━━━ Data supplied ━━━
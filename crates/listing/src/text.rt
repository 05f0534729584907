// Text that is written byte by byte into lent memory.
ghost use Rattle.std.specs.Prelude.{◌≡◌, ◌+◌, ◌<◌, ◌^◌, [], ◌∷◌, decimal, length};
ghost use Rattle.listing.specs.Listing.{line_of, listing_of, spaced, spaced_operands};
ghost use Rattle.listing.specs.Text.{Begins, Puts};

use crate::words::{operands, word};
use protocol::Agent;
use scripts::{Instruction, Line};

// As many of its bytes as fit into the memory, and how many it has.
#[derive(Drop)]
pub(crate) struct Text<'a> {
    memory: &'a mut [u8],
    len: usize,
}

impl<'a> Text<'a> {
    // A text with no byte yet.
    pub(crate) fn new(memory: &'a mut [u8]) -> Text<'a>
        ensures { Begins memory.entry result }
    {
        Text { memory, len: 0 }
    }

    pub(crate) fn len(&self) -> usize
        ensures { result ≡ self.now.len }
    {
        self.len
    }

    // One byte more.
    fn byte(&mut self, byte: u8)
        requires { self.old.len + 1 < 2 ^ 64 }
        ensures { Puts self.old (byte ∷ []) self.new }
    {
        if self.len < self.memory.len() {
            self.memory[self.len] = byte;
        }
        self.len += 1;
    }

    fn word(&mut self, word: &str)
        requires { self.old.len + length word.now < 2 ^ 64 }
        ensures { Puts self.old word.now self.new }
    {
        for byte in word.as_bytes() {
            self.byte(*byte);
        }
    }

    // A number in decimal.
    #[tactic(auto, using(crate::proofs::Lengths::digit_more, crate::proofs::Lengths::one_digit))]
    fn number(&mut self, number: usize)
        requires { self.old.len + length (decimal number) < 2 ^ 64 }
        ensures { Puts self.old (decimal number) self.new }
    {
        if number >= 10 {
            self.number(number / 10);
        }
        self.byte(b'0' + (number % 10) as u8);
    }

    fn space(&mut self)
        requires { self.old.len + 1 < 2 ^ 64 }
        ensures { Puts self.old (32 ∷ []) self.new }
    {
        self.byte(b' ');
    }

    fn line_end(&mut self)
        requires { self.old.len + 1 < 2 ^ 64 }
        ensures { Puts self.old (10 ∷ []) self.new }
    {
        self.byte(b'\n');
    }

    // A number after a space.
    fn operand(&mut self, number: usize)
        requires { self.old.len + length (spaced number) < 2 ^ 64 }
        ensures { Puts self.old (spaced number) self.new }
    {
        self.space();
        self.number(number);
    }

    fn operands(&mut self, op: Instruction)
        requires { self.old.len + length (spaced_operands op) < 2 ^ 64 }
        ensures { Puts self.old (spaced_operands op) self.new }
    {
        let (first, second) = operands(op);
        self.operand(first);
        if let Some(second) = second {
            self.operand(second);
        }
    }

    #[tactic(auto, using(crate::proofs::Lengths::line_length))]
    fn line(&mut self, agent: Agent, number: usize, op: Instruction)
        requires { self.old.len + length (line_of agent number op) < 2 ^ 64 }
        ensures { Puts self.old (line_of agent number op) self.new }
    {
        self.number(agent);
        self.operand(number);
        self.space();
        self.word(word(op));
        self.operands(op);
        self.line_end();
    }

    // A line for each instruction.
    #[tactic(auto, using(crate::proofs::Lengths::line_within))]
    pub(crate) fn lines(&mut self, agent: Agent, lines: &[Line])
        requires { self.old.len + length (listing_of agent lines.now) < 2 ^ 64 }
        ensures { Puts self.old (listing_of agent lines.now) self.new }
    {
        for (number, line) in lines.iter().enumerate() {
            self.line(agent, number, line.op);
        }
    }
}
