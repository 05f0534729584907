// Listing an agent's script.
ghost use Rattle.std.specs.Prelude.{◌≡◌, ◌≤◌, ◌++◌, drop, length};
ghost use Rattle.protocol.specs.View.{lines_of};
ghost use Rattle.scripts.specs.View.{written};
ghost use Rattle.listing.specs.Listing.{listing_of, Lists};

use crate::refusal::ListingError;
use crate::text::Text;
use protocol::{Agent, Protocol};
use scripts::Script;

// Writes as much of the text as fits into the memory, and answers how long the text is.
fn write(memory: &mut [u8], agent: Agent, script: &Script) -> usize
    ensures len { result ≡ length (listing_of agent (written script.now)) }
    ensures front { result ≤ length memory.old → memory.new ≡ listing_of agent (written script.now) ++ drop result memory.old }
{
    let mut text = Text::new(memory);
    text.lines(agent, script.lines());
    text.len()
}

// Writes an agent's script to the front of the output, and answers how long the text is. The text is measured first, so that
// nothing is written where it does not fit.
pub fn list(protocol: &Protocol, agent: Agent, output: &mut [u8]) -> Result<usize, ListingError>
    ensures { Lists (lines_of protocol.now) agent output.old result output.new }
{
    let script = protocol.script(agent).ok_or(ListingError::Unknown)?;
    let len = write(&mut [], agent, script);
    if len > output.len() {
        return Err(ListingError::Short);
    }
    Ok(write(output, agent, script))
}
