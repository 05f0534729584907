// How an instruction is spelled.
ghost use Rattle.std.specs.Prelude.{◌≡◌};
ghost use Rattle.listing.specs.Listing.{operands_of, word_of};

use scripts::Instruction;

pub(crate) fn word(op: Instruction) -> &'static str
    ensures { result.now ≡ word_of op }
{
    match op {
        Instruction::Given(_) => "GIVEN",
        Instruction::Fresh(_) => "FRESH",
        Instruction::From(_) => "FROM",
        Instruction::To(_) => "TO",
        Instruction::Recv(_) => "RECV",
        Instruction::Mate(_) => "MATE",
        Instruction::Left(_) => "LEFT",
        Instruction::Right(_) => "RIGHT",
        Instruction::Join(_, _) => "JOIN",
        Instruction::Seal(_, _) => "SEAL",
        Instruction::Digest(_, _) => "DIGEST",
        Instruction::Entry(_, _) => "ENTRY",
        Instruction::Open(_, _) => "OPEN",
        Instruction::Same(_, _) => "SAME",
        Instruction::Send(_, _) => "SEND",
    }
}

// The first operand, and the second where there are two.
pub(crate) fn operands(op: Instruction) -> (usize, Option<usize>)
    ensures { result ≡ operands_of op }
{
    match op {
        Instruction::Given(term)
        | Instruction::Fresh(term)
        | Instruction::From(term)
        | Instruction::To(term)
        | Instruction::Recv(term) => (term, None),
        Instruction::Mate(slot) | Instruction::Left(slot) | Instruction::Right(slot) => {
            (slot, None)
        }
        Instruction::Join(first, second)
        | Instruction::Seal(first, second)
        | Instruction::Digest(first, second)
        | Instruction::Entry(first, second)
        | Instruction::Open(first, second)
        | Instruction::Same(first, second)
        | Instruction::Send(first, second) => (first, Some(second)),
    }
}
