// What a listing tells. Nothing here computes: each function carries one theorem in its contract.
ghost use Rattle.listing.specs.Apart.{ListingsTellScriptsApart};
ghost use Rattle.listing.specs.Decimal.{NumbersHaveOneDecimal};

// Of the digits with no 0 in front of others, the decimal of a number alone stands for it; no digits that stand for it are fewer.
pub fn numbers_have_one_decimal()
    ensures { NumbersHaveOneDecimal }
{}

// Scripts with the same listing have the same instructions, and are one agent's unless they are empty.
pub fn listings_tell_scripts_apart()
    ensures { ListingsTellScriptsApart }
{}
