// The thirteen numbers of a table, with the byte of its direction.
fn vtoc_values(v: VolumeTableOfContents, direction: u8) -> [u64; 13]
    ensures { result ≡ vtoc_values v direction }
{
    [
        v.track_number_of_first_catalog_sector as u64,
        v.sector_number_of_first_catalog_sector as u64,
        v.release_number_of_dos as u64,
        v.diskette_volume_number as u64,
        v.maximum_number_of_track_sector_pairs as u64,
        v.last_track_where_sectors_were_allocated as u64,
        direction as u64,
        v.number_of_tracks_per_diskette as u64,
        v.number_of_sectors_per_track as u64,
        v.number_of_bytes_per_sector as u64,
        v.free as u64,
        v.used as u64,
        v.percent_used as u64,
    ]
}

// Hands the numbers of a VTOC over.
fn put_vtoc(disk: &[u8], fields: &mut [u64]) -> Result<(), Refusal>
    ensures { Puts (vtoc_numbers disk.now) fields.old fields.new result }
{
    let v = disk::parse_volume_table_of_contents(disk)?;
    put_fields(&vtoc_values(v, direction_byte(disk)), fields)
}

// The numbers of a VTOC. 1, 2, 12.
#[unsafe(no_mangle)]
pub extern "C" fn dos33_vtoc(disk: &[u8], fields: &mut [u64]) -> u8
    ensures { Fields (vtoc_numbers disk.now) fields.old fields.new result }
{
    number_of(put_vtoc(disk, fields))
}

// Hands the numbers of a survey over.
fn put_survey(disk: &[u8], fields: &mut [u64]) -> Result<(), Refusal>
    ensures { Puts (survey_numbers disk.now) fields.old fields.new result }
{
    let s = files::survey(disk)?;
    let values = [
        s.volume as u64,
        s.entries as u64,
        s.free as u64,
        s.used as u64,
        s.percent_used as u64,
        s.archive_blocks,
        s.links,
    ];
    put_fields(&values, fields)
}

// The numbers of a survey. 1 to 6, 12.
#[unsafe(no_mangle)]
pub extern "C" fn dos33_survey(disk: &[u8], fields: &mut [u64]) -> u8
    ensures { Fields (survey_numbers disk.now) fields.old fields.new result }
{
    number_of(put_survey(disk, fields))
}

// 1 for yes, 0 for no.
fn bit(b: bool) -> u64
    ensures { result ≡ cond b 1 0 }
{
    if b { 1 } else { 0 }
}

// Hands the numbers of the holders over.
fn put_holders(disk: &[u8], fields: &mut [u64]) -> Result<(), Refusal>
    ensures { Puts (holder_numbers disk.now) fields.old fields.new result }
{
    let h = holders::holders(disk)?;
    let values = [
        h.unheld as u64,
        h.held_once as u64,
        h.shared as u64,
        h.held_free as u64,
        bit(h.clean),
    ];
    put_fields(&values, fields)
}

// The numbers of the holders: sectors held by no one, by one, by more; held ones that the map calls free; 1 for a clean disk. 1 to 6, 12.
#[unsafe(no_mangle)]
pub extern "C" fn dos33_holders(disk: &[u8], fields: &mut [u64]) -> u8
    ensures { Fields (holder_numbers disk.now) fields.old fields.new result }
{
    number_of(put_holders(disk, fields))
}

// What saves of these lengths, in order, will need: data sectors, list sectors and entry lines in all, then for each length 1 where its save would end in 21,
// else 0. 25, 1 to 6, 20, 12.
#[unsafe(no_mangle)]
pub extern "C" fn dos33_forecast(disk: &[u8], lengths: &[u64], fields: &mut [u64]) -> u8
    ensures { Fields (forecast_numbers disk.now lengths.now) fields.old fields.new result }
{
    number_of(forecast::forecast(disk, lengths, fields))
}

// Hands the numbers of an archive over.
fn put_opened(archive: &[u8], fields: &mut [u64]) -> Result<(), Refusal>
    ensures { Puts (open_numbers archive.now) fields.old fields.new result }
{
    let o = reader::open(archive)?;
    let values = [o.volume as u64, o.first as u64, o.blocks as u64];
    put_fields(&values, fields)
}

// The numbers of an archive that is opened. 13, 12.
#[unsafe(no_mangle)]
pub extern "C" fn dos33_archive_open(archive: &[u8], fields: &mut [u64]) -> u8
    ensures { Fields (open_numbers archive.now) fields.old fields.new result }
{
    number_of(put_opened(archive, fields))
}

// The eight numbers of an entry; zeros where there is none.
fn entry_values(found: Option<Entry>) -> [u64; 8]
    ensures { result ≡ entry_fields found }
{
    match found {
        Some(e) => [
            1,
            e.next as u64,
            e.first as u64,
            e.kind as u64,
            e.locked as u64,
            e.name_length as u64,
            e.count as u64,
            e.size as u64,
        ],
        None => [0; 8],
    }
}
━━━
Directions for this task:
Look above for the line with "instruction is spelled."; retype exactly that line, every line after it up to the line with "there are two.", and that line too, nothing else.

The answer:
// How an instruction is spelled.
ghost use Rattle.std.specs.Prelude.{◌≡◌};
ghost use Rattle.listing.specs.Listing.{operands_of, word_of};

use scripts::Instruction;

pub(crate) fn word(op: Instruction) -> &'static str
    ensures { result.now ≡ word_of op }
{
    match op {
        Instruction::Given(_) => "GIVEN",
        Instruction::Fresh(_) => "FRESH",
        Instruction::From(_) => "FROM",
        Instruction::To(_) => "TO",
        Instruction::Recv(_) => "RECV",
        Instruction::Mate(_) => "MATE",
        Instruction::Left(_) => "LEFT",
        Instruction::Right(_) => "RIGHT",
        Instruction::Join(_, _) => "JOIN",
        Instruction::Seal(_, _) => "SEAL",
        Instruction::Digest(_, _) => "DIGEST",
        Instruction::Entry(_, _) => "ENTRY",
        Instruction::Open(_, _) => "OPEN",
        Instruction::Same(_, _) => "SAME",
        Instruction::Send(_, _) => "SEND",
    }
}

// The first operand, and the second where there are two.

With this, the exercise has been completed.